[Start of Attachment]
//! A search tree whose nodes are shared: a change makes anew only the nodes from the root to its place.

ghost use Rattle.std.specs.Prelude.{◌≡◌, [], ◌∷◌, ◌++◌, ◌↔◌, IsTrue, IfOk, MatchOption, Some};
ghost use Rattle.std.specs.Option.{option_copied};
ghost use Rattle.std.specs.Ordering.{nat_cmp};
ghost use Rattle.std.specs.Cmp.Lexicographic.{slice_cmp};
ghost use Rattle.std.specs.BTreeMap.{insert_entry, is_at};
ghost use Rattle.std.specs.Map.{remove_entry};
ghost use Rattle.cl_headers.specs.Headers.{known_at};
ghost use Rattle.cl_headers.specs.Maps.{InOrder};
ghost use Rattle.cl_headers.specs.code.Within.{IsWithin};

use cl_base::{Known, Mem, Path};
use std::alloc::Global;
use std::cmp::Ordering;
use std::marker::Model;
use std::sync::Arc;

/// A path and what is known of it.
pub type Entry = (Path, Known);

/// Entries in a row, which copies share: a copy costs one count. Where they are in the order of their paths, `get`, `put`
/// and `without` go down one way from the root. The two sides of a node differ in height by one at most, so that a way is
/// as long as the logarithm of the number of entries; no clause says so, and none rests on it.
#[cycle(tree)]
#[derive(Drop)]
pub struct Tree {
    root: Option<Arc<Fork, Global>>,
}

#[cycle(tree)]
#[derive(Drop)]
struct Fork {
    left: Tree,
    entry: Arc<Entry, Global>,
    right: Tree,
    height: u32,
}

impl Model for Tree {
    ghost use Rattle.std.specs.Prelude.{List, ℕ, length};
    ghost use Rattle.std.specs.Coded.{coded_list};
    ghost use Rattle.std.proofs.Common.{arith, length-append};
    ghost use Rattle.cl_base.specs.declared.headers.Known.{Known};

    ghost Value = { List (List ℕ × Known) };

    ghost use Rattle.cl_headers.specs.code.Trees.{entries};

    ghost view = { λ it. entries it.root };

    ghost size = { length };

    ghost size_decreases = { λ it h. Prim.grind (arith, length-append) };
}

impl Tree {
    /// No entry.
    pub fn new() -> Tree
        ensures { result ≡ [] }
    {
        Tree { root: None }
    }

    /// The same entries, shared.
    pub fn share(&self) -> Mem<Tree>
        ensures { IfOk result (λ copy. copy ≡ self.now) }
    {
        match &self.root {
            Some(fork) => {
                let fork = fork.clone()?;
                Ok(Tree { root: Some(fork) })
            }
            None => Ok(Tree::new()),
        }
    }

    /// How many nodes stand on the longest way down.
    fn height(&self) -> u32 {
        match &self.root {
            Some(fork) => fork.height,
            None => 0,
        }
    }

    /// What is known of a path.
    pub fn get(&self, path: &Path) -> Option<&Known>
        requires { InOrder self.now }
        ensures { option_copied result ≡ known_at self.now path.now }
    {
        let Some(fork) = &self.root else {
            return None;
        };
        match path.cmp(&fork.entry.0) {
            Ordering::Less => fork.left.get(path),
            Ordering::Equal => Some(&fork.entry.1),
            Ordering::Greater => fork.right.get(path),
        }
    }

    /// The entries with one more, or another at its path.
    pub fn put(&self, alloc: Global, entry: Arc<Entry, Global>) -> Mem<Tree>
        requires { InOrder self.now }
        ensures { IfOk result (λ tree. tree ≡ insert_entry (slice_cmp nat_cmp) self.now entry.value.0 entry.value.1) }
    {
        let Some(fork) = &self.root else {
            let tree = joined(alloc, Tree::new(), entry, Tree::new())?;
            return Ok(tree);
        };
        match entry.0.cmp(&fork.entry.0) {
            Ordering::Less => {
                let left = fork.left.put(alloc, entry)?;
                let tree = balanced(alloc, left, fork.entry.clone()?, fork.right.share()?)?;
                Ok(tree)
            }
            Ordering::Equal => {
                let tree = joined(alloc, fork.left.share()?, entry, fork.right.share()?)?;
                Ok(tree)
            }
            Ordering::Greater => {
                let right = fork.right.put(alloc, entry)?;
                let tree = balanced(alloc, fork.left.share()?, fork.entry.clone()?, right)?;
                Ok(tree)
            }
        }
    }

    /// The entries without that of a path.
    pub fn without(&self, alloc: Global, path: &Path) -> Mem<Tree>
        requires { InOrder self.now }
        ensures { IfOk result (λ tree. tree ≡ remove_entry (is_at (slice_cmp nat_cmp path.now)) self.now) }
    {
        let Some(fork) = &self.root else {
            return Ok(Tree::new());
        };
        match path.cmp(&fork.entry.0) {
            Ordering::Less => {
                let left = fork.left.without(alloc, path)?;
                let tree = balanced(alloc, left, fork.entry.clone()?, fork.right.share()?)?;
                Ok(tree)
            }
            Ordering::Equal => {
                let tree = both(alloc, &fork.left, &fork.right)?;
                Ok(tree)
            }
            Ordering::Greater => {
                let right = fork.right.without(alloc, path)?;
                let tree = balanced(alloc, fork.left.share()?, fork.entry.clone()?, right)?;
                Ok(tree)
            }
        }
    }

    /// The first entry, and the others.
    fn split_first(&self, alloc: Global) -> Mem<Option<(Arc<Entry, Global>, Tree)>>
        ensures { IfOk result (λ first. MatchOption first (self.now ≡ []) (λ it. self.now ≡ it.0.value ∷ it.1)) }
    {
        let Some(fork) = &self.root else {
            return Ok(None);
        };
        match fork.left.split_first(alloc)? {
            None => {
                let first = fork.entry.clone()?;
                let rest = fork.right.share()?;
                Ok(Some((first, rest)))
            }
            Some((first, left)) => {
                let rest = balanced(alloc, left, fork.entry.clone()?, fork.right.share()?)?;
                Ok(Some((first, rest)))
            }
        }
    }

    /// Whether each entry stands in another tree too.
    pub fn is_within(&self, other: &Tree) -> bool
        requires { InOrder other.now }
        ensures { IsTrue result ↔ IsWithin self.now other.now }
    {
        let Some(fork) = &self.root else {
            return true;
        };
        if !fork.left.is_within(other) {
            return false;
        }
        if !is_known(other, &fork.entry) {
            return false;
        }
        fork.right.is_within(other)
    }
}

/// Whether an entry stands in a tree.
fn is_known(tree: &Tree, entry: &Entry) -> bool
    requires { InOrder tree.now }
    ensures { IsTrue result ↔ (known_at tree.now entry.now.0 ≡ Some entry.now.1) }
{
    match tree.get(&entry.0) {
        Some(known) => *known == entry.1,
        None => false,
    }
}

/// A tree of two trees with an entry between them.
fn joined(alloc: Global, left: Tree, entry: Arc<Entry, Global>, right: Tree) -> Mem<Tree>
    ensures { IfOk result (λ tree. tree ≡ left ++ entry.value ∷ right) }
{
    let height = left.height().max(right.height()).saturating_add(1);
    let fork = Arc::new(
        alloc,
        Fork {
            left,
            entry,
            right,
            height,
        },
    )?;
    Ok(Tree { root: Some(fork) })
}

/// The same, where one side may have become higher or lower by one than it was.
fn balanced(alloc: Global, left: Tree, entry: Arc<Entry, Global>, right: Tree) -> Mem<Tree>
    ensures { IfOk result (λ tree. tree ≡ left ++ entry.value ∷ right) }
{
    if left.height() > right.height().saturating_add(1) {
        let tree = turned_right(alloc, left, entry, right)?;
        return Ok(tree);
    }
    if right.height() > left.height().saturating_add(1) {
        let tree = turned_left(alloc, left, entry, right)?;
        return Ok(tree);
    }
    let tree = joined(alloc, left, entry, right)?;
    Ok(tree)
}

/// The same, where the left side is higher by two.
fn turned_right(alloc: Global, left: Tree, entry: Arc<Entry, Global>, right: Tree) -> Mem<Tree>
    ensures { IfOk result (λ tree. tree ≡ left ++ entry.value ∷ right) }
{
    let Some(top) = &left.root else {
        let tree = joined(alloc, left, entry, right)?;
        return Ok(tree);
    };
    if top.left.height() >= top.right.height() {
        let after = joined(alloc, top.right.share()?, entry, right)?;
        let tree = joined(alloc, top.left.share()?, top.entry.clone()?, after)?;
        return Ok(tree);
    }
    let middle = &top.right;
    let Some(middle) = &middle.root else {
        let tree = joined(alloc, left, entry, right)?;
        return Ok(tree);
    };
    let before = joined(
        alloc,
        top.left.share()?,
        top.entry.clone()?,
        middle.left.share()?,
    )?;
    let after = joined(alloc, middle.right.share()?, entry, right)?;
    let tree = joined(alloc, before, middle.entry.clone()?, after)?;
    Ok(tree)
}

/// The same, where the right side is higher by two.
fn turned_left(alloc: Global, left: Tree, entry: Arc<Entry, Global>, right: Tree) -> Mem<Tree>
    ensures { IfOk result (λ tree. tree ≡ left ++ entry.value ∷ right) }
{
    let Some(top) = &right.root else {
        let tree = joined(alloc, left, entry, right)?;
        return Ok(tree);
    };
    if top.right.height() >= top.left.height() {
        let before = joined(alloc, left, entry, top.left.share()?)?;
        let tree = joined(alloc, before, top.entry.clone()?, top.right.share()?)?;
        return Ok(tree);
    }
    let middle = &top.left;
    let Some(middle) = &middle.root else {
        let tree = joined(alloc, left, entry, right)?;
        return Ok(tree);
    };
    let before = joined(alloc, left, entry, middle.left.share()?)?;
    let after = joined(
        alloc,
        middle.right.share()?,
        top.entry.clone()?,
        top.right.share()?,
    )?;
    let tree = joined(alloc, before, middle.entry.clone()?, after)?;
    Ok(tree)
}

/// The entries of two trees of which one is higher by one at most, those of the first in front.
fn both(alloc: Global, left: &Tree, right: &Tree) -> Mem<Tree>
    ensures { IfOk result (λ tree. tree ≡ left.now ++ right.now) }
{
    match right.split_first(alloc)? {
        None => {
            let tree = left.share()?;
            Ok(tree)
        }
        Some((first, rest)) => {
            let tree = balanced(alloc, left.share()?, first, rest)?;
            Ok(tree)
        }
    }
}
[End of Attachment]
[Start of Attachment]
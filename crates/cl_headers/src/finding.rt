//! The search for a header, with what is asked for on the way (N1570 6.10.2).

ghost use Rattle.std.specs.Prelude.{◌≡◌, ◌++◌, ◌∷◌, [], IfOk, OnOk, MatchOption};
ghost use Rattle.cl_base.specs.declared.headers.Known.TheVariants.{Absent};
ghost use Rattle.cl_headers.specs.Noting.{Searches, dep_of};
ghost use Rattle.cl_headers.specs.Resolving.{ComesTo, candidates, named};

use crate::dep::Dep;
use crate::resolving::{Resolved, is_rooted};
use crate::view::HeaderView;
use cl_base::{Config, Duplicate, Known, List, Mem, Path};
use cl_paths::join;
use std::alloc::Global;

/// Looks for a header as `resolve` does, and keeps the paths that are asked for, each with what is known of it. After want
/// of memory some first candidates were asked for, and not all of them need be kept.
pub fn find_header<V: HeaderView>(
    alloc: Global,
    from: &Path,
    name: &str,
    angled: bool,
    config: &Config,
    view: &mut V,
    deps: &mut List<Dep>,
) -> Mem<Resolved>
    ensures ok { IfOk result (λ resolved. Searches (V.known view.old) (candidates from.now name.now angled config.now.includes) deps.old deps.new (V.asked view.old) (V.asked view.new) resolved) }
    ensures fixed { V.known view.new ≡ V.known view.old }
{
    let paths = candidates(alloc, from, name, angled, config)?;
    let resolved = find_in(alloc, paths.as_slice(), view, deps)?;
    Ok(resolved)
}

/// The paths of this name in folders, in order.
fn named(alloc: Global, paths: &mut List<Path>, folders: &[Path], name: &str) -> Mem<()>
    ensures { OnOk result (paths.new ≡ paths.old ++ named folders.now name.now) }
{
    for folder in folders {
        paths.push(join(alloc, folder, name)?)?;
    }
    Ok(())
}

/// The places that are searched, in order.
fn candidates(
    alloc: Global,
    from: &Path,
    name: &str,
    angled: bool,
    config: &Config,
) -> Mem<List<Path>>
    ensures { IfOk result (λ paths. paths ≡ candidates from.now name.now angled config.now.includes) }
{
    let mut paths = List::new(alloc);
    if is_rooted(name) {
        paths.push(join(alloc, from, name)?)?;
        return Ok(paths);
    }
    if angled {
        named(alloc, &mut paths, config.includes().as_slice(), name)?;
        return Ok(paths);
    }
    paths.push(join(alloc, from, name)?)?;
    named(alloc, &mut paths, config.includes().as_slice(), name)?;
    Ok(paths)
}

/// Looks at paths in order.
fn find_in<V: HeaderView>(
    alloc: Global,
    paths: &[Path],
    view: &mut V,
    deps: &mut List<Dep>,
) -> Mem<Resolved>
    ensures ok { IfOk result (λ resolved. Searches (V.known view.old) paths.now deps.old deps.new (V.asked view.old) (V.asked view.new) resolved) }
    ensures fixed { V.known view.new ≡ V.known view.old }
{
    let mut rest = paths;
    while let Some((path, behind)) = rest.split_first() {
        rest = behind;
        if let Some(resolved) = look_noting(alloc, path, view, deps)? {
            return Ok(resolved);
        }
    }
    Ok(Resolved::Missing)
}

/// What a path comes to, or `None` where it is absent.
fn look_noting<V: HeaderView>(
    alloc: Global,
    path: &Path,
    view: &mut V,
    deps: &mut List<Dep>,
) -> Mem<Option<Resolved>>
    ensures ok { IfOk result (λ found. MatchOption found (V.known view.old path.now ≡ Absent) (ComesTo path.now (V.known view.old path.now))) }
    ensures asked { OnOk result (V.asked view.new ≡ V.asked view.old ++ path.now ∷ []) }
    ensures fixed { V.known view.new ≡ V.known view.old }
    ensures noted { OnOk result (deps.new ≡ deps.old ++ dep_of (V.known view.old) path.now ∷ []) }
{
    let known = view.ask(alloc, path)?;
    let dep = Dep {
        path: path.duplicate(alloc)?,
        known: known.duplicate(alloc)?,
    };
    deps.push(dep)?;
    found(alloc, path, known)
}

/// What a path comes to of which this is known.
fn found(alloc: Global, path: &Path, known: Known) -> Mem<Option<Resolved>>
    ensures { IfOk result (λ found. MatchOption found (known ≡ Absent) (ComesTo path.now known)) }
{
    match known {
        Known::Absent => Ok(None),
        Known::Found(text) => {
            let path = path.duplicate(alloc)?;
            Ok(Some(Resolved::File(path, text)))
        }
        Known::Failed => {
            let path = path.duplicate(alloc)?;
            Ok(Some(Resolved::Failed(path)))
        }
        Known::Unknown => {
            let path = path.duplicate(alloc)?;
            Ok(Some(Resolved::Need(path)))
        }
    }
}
[End of Attachment]
[Start of Attachment]
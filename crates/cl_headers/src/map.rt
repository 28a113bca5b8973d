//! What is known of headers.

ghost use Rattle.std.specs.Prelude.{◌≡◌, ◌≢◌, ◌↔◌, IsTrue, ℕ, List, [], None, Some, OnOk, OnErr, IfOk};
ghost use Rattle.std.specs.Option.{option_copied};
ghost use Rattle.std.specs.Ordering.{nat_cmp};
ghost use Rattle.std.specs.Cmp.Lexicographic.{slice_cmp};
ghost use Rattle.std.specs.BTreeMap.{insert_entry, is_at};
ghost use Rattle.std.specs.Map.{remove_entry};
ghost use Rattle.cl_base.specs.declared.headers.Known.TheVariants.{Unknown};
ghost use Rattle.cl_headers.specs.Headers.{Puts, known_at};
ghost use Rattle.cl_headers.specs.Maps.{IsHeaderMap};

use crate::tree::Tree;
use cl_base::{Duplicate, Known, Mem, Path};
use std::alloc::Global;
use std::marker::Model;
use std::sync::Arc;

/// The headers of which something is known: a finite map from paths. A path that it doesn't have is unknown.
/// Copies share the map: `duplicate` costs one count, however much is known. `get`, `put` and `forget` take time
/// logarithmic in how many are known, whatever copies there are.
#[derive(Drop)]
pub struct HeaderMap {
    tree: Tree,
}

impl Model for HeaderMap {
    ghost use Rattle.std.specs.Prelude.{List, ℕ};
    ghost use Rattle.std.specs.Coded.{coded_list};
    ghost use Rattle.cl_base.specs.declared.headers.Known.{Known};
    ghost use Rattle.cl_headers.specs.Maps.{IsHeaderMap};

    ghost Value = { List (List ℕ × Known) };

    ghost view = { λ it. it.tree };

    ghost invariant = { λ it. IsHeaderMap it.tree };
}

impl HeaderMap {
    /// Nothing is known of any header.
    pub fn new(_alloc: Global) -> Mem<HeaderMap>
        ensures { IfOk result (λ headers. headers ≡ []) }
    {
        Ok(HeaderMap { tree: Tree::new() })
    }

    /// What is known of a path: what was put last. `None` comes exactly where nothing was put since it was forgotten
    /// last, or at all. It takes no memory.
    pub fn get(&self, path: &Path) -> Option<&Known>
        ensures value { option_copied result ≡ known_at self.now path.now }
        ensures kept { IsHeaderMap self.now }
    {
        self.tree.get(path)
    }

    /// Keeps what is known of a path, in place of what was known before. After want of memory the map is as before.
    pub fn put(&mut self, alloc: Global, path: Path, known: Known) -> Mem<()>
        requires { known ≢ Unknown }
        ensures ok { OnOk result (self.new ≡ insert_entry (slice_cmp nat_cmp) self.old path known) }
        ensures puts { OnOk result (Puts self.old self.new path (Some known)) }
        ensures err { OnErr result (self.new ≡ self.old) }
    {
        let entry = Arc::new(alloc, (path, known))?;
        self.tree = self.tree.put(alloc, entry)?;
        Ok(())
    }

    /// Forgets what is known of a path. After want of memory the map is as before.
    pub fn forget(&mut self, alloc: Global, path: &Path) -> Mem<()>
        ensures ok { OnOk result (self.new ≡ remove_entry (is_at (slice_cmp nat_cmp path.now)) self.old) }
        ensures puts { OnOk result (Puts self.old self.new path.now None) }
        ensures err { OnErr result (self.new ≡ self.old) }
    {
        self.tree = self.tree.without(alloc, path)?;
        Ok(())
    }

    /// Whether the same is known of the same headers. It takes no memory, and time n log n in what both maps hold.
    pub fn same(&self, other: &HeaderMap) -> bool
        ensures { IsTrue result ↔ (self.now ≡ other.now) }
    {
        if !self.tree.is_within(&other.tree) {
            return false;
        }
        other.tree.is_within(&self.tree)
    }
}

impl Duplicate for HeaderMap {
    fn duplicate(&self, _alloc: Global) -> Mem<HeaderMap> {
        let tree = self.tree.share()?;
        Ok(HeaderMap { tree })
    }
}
[End of Attachment]
**Instructions for the task:** Return every line of the preceding records in which the word "bool" appears.

**Exercise solution:**
    pub fn is_within(&self, other: &Tree) -> bool
fn is_known(tree: &Tree, entry: &Entry) -> bool
    angled: bool,
    angled: bool,
    pub fn same(&self, other: &HeaderMap) -> bool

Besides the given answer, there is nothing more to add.